• **Exercise brief**
Only one span of the listing below is wanted: the lines from the one with "Steps columns.now result" through the one with "count as empty.", reproduced exactly, both ends kept.

(Beginning of Provided data)

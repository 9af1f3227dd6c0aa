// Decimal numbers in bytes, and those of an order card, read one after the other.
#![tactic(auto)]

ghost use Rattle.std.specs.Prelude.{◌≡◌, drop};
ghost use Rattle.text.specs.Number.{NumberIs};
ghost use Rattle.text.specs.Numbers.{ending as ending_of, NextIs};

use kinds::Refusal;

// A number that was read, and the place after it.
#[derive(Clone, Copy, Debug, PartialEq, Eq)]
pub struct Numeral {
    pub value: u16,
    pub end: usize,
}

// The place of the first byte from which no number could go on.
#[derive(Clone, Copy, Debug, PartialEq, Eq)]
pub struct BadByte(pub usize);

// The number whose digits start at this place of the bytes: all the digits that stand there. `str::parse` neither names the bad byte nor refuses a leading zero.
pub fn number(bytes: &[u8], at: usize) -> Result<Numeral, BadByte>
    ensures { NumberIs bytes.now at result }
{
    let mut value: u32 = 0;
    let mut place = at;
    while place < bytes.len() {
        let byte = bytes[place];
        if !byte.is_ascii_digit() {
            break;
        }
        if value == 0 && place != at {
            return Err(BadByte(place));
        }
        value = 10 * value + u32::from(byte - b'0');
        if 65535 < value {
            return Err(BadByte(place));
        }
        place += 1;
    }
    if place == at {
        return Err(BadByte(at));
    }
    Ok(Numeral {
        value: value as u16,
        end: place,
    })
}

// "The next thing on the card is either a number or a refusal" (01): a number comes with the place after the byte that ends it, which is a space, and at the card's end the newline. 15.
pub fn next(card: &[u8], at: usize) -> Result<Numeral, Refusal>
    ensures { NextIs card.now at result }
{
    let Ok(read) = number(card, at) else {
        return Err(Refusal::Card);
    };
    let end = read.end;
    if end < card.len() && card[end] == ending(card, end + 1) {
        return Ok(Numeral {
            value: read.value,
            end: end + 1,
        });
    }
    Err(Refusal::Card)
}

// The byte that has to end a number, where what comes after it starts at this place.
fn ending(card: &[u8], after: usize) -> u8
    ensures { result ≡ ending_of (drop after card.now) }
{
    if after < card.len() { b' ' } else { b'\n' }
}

(End of Provided data)
(Beginning of Provided data)

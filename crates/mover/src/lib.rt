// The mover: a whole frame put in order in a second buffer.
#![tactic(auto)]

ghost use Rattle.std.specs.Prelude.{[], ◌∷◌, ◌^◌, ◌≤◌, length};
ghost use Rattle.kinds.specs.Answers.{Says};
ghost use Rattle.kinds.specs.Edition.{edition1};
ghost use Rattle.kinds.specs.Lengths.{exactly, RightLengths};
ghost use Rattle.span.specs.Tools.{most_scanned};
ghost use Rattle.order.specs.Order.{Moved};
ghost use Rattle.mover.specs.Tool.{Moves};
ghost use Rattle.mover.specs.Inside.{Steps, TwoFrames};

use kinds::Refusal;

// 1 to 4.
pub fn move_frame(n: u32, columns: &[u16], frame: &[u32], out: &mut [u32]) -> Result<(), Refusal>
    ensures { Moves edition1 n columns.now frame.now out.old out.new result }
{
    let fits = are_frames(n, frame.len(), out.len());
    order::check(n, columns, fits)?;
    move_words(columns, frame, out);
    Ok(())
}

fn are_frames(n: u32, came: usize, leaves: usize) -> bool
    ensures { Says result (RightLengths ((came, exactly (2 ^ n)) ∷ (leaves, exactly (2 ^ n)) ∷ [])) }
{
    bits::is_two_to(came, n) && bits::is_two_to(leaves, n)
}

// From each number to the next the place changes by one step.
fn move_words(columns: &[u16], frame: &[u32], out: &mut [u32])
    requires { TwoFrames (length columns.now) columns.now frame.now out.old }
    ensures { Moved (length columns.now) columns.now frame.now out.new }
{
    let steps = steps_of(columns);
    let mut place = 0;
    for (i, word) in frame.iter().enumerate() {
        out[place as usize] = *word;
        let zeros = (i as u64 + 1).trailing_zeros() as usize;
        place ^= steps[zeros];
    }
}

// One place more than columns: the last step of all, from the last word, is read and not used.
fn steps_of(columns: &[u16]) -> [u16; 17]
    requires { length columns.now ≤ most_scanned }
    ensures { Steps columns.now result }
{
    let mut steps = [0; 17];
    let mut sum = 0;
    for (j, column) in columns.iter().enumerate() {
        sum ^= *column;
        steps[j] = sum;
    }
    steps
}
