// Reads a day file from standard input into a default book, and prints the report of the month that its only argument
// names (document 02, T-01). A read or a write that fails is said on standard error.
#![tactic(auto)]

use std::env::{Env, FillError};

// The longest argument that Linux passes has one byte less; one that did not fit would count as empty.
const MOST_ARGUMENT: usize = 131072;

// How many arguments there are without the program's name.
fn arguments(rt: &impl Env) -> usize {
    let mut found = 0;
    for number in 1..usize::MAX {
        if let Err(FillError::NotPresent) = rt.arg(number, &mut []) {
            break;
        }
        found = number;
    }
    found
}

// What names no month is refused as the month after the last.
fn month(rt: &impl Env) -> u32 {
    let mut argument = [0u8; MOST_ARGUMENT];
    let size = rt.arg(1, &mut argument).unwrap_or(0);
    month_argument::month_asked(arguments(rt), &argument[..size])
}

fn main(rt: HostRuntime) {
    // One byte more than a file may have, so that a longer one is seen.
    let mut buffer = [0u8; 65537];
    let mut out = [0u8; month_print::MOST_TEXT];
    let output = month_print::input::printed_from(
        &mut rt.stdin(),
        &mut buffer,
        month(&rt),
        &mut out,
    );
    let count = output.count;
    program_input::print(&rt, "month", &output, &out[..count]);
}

(End of Provided data)
(Beginning of Provided data)

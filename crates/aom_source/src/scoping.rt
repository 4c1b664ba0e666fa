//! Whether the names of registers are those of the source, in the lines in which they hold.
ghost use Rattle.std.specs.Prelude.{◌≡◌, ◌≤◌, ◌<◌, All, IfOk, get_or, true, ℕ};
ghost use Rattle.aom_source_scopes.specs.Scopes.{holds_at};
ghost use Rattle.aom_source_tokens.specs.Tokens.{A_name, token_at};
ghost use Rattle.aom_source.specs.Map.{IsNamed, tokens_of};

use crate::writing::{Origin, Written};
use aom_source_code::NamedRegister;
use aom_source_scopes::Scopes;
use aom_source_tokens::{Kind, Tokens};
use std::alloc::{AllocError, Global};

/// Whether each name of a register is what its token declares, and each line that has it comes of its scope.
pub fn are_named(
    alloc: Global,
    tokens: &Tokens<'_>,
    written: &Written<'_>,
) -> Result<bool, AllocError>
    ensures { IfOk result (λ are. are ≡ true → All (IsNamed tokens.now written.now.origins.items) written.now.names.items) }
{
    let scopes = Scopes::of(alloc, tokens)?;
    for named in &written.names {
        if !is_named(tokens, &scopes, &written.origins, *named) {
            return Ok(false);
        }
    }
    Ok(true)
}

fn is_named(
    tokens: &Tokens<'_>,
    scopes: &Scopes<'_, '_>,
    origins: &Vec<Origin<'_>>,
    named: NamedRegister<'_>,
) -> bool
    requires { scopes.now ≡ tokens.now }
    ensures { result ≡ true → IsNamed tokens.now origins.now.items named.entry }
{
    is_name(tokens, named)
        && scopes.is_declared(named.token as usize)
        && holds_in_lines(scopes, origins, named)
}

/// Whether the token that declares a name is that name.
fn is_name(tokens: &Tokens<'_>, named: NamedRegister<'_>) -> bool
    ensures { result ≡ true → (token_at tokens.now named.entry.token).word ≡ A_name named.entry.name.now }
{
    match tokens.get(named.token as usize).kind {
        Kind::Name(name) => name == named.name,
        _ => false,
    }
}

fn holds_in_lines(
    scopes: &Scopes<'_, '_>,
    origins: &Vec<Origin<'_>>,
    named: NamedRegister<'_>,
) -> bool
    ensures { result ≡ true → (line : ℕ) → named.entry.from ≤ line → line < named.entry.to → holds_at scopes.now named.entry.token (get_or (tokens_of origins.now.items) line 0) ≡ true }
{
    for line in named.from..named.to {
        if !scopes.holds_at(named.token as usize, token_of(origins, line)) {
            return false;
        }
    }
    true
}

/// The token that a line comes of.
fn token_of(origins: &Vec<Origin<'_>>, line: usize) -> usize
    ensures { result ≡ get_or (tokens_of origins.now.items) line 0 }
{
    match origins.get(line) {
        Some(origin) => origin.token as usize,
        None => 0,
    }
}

(End of Provided data)

• **Finished exercise**
    ensures { Steps columns.now result }
{
    let mut steps = [0; 17];
    let mut sum = 0;
    for (j, column) in columns.iter().enumerate() {
        sum ^= *column;
        steps[j] = sum;
    }
    steps
}
// Reads a day file from standard input into a default book, and prints the report of the month that its only argument
// names (document 02, T-01). A read or a write that fails is said on standard error.
#![tactic(auto)]

use std::env::{Env, FillError};

// The longest argument that Linux passes has one byte less; one that did not fit would count as empty.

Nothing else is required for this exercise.